In all of these years, she only remembers one time that she seriously considered leaving the system, but the CoxHealth culture motivated her to stay.
“I had looked into moving closer to my home, I was single again. I thought it would be nice to be closer to family and I did some extensive interviewing in the St. Louis area and found out those people up there did not have near what I have down here. So, I came back to work and kept my mouth shut and here I am!”
As for what kept her motived at work, she prayed for wisdom every day immediately after pulling into her parking spot. She also tried to keep a smile on her face for the patients, and that smile came in handy during her time in Orthopedics. She shared a story of a man who suffered from a fractured pelvis due to a tractor incident.
She would do rounds every morning to lay eyes on each patient so when she did rounds with physicians later, she would be clued in on who she was talking to. This man came back weeks later and brought Janice and the physician a gift of a handmade rolling pin made of wood and said, "Your smile is what kept me going.”

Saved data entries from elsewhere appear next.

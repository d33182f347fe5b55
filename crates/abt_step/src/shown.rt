//! What is shown behind an answer.
use crate::net_state::NetState;
use crate::possible::Possible;

// What is shown behind the answer to an event, where it is wanted.
#[derive(Debug, Drop)]
pub(crate) struct Shown {
    pub(crate) state: Option<NetState>,
    pub(crate) possible: Option<Possible>,
}
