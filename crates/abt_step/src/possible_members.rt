//! What can happen next as members of an object.
ghost use Rattle.std.specs.Prelude.{OnOk, ◌∷◌, ◌++◌, []};
ghost use Rattle.json.specs.Token.{begin_object, end_object, string};
ghost use Rattle.abt_entry.specs.ObjectMembers.{Adds};
ghost use Rattle.abt_format.specs.EventText.{event_text};
ghost use Rattle.abt_step.specs.PossibleMembers as spec;
ghost use Rattle.abt_step.specs.StateMembers.{array_member};

use crate::possible::{CellWindow, Possible};
use abt_entry::push_number;
use abt_format::push_event;
use abt_json::push_exact;
use abt_model::{Event, Sequence};
use json::Writer;
use std::alloc::{AllocError, Global};

// Adds the members of what can happen next.
pub(crate) fn push_possible_members(
    alloc: Global,
    object: &mut Writer,
    possible: &Possible,
) -> Result<(), AllocError>
    ensures { OnOk result (Adds (spec.possible_members possible.now) object.old object.new) }
{
    push_event_array(alloc, object, "messages", possible.messages.as_slice())?;
    push_cell_array(object, "cells", possible.cells.as_slice())
}

fn push_event_array(
    alloc: Global,
    object: &mut Writer,
    name: &str,
    events: &[Event],
) -> Result<(), AllocError>
    ensures { OnOk result
        (Adds (array_member name.now (spec.event_strings events.now)) object.old object.new) }
{
    object.key(name)?;
    object.begin_array()?;
    push_events(alloc, object, events)?;
    object.end_array()
}

fn push_events(alloc: Global, object: &mut Writer, events: &[Event]) -> Result<(), AllocError>
    ensures { OnOk result (Adds (spec.event_strings events.now) object.old object.new) }
{
    for event in events {
        push_event_string(alloc, object, event)?;
    }
    Ok(())
}

fn push_event_string(alloc: Global, object: &mut Writer, event: &Event) -> Result<(), AllocError>
    ensures { OnOk result (Adds (string (event_text event.now) ∷ []) object.old object.new) }
{
    let mut said = String::new(alloc);
    push_event(&mut said, event)?;
    object.string(said.as_str())
}

fn push_cell_array(
    object: &mut Writer,
    name: &str,
    cells: &[Sequence<CellWindow>],
) -> Result<(), AllocError>
    ensures { OnOk result
        (Adds (array_member name.now (spec.cell_tokens cells.now)) object.old object.new) }
{
    object.key(name)?;
    object.begin_array()?;
    push_cells(object, cells)?;
    object.end_array()
}

fn push_cells(object: &mut Writer, cells: &[Sequence<CellWindow>]) -> Result<(), AllocError>
    ensures { OnOk result (Adds (spec.cell_tokens cells.now) object.old object.new) }
{
    for windows in cells {
        push_windows(object, windows.as_slice())?;
    }
    Ok(())
}

fn push_windows(object: &mut Writer, windows: &[CellWindow]) -> Result<(), AllocError>
    ensures { OnOk result (Adds (spec.window_tokens windows.now) object.old object.new) }
{
    for window in windows {
        push_window(object, *window)?;
    }
    Ok(())
}

// Adds the object of a window.
fn push_window(object: &mut Writer, window: CellWindow) -> Result<(), AllocError>
    ensures { OnOk result (Adds
        (begin_object ∷ (spec.window_members window ++ end_object ∷ [])) object.old object.new) }
{
    object.begin_object()?;
    push_window_members(object, window)?;
    object.end_object()
}

fn push_window_members(object: &mut Writer, window: CellWindow) -> Result<(), AllocError>
    ensures { OnOk result (Adds (spec.window_members window) object.old object.new) }
{
    push_number(object, "connection", u64::from(window.conn))?;
    push_number(object, "cell", window.cell)?;
    push_exact(object, "from", "from_text", window.from)?;
    push_exact(object, "to", "to_text", window.to)
}
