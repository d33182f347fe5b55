//! What can happen next in words.
ghost use Rattle.std.specs.Prelude.{◌≡◌, OnOk, string_bytes};
ghost use Rattle.abt_text.specs.Text.{◌⋅◌};
ghost use Rattle.abt_step.specs.PossibleWords as spec;

use crate::possible::{CellWindow, Possible};
use crate::state_words::push_number;
use abt_format::push_event;
use abt_model::{Event, Sequence};
use std::alloc::AllocError;

// Adds the line of what can happen next to a text.
pub(crate) fn push_possible_line(text: &mut String, possible: &Possible) -> Result<(), AllocError>
    ensures { OnOk result
        (string_bytes text.new ≡ string_bytes text.old ⋅ spec.possible_line possible.now) }
{
    text.push_str("possible")?;
    push_events(text, possible.messages.as_slice())?;
    push_cells(text, possible.cells.as_slice())?;
    text.push_str("\n")
}

fn push_events(text: &mut String, events: &[Event]) -> Result<(), AllocError>
    ensures { OnOk result (string_bytes text.new ≡ string_bytes text.old ⋅ spec.events_text events.now) }
{
    for event in events {
        text.push_str("; ")?;
        push_event(text, event)?;
    }
    Ok(())
}

fn push_cells(text: &mut String, cells: &[Sequence<CellWindow>]) -> Result<(), AllocError>
    ensures { OnOk result (string_bytes text.new ≡ string_bytes text.old ⋅ spec.cells_text cells.now) }
{
    for windows in cells {
        push_windows(text, windows.as_slice())?;
    }
    Ok(())
}

fn push_windows(text: &mut String, windows: &[CellWindow]) -> Result<(), AllocError>
    ensures { OnOk result
        (string_bytes text.new ≡ string_bytes text.old ⋅ spec.windows_text windows.now) }
{
    for window in windows {
        push_window(text, *window)?;
    }
    Ok(())
}

fn push_window(text: &mut String, window: CellWindow) -> Result<(), AllocError>
    ensures { OnOk result (string_bytes text.new ≡ string_bytes text.old ⋅ spec.window_text window) }
{
    let arrival = Event::Arrive {
        conn: window.conn,
        cell: window.cell,
        at: window.from,
    };
    text.push_str("; ")?;
    push_event(text, &arrival)?;
    text.push_str(" to ")?;
    push_number(text, window.to)
}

That patient’s words were a reminder that keeping the patient at the core of everything we do is the key to success in health care. It is a lesson she sees her colleagues living out each day and she takes comfort in knowing that her patients will be in good hands as she heads into retirement.
Janice is looking forward to traveling and being with her kids and grandkids. She says she will always carry with her an appreciation for her CoxHealth family.
“I’m thankful that I had this career to provide for my family. I’ve made lots of friendships and relationships along the way.”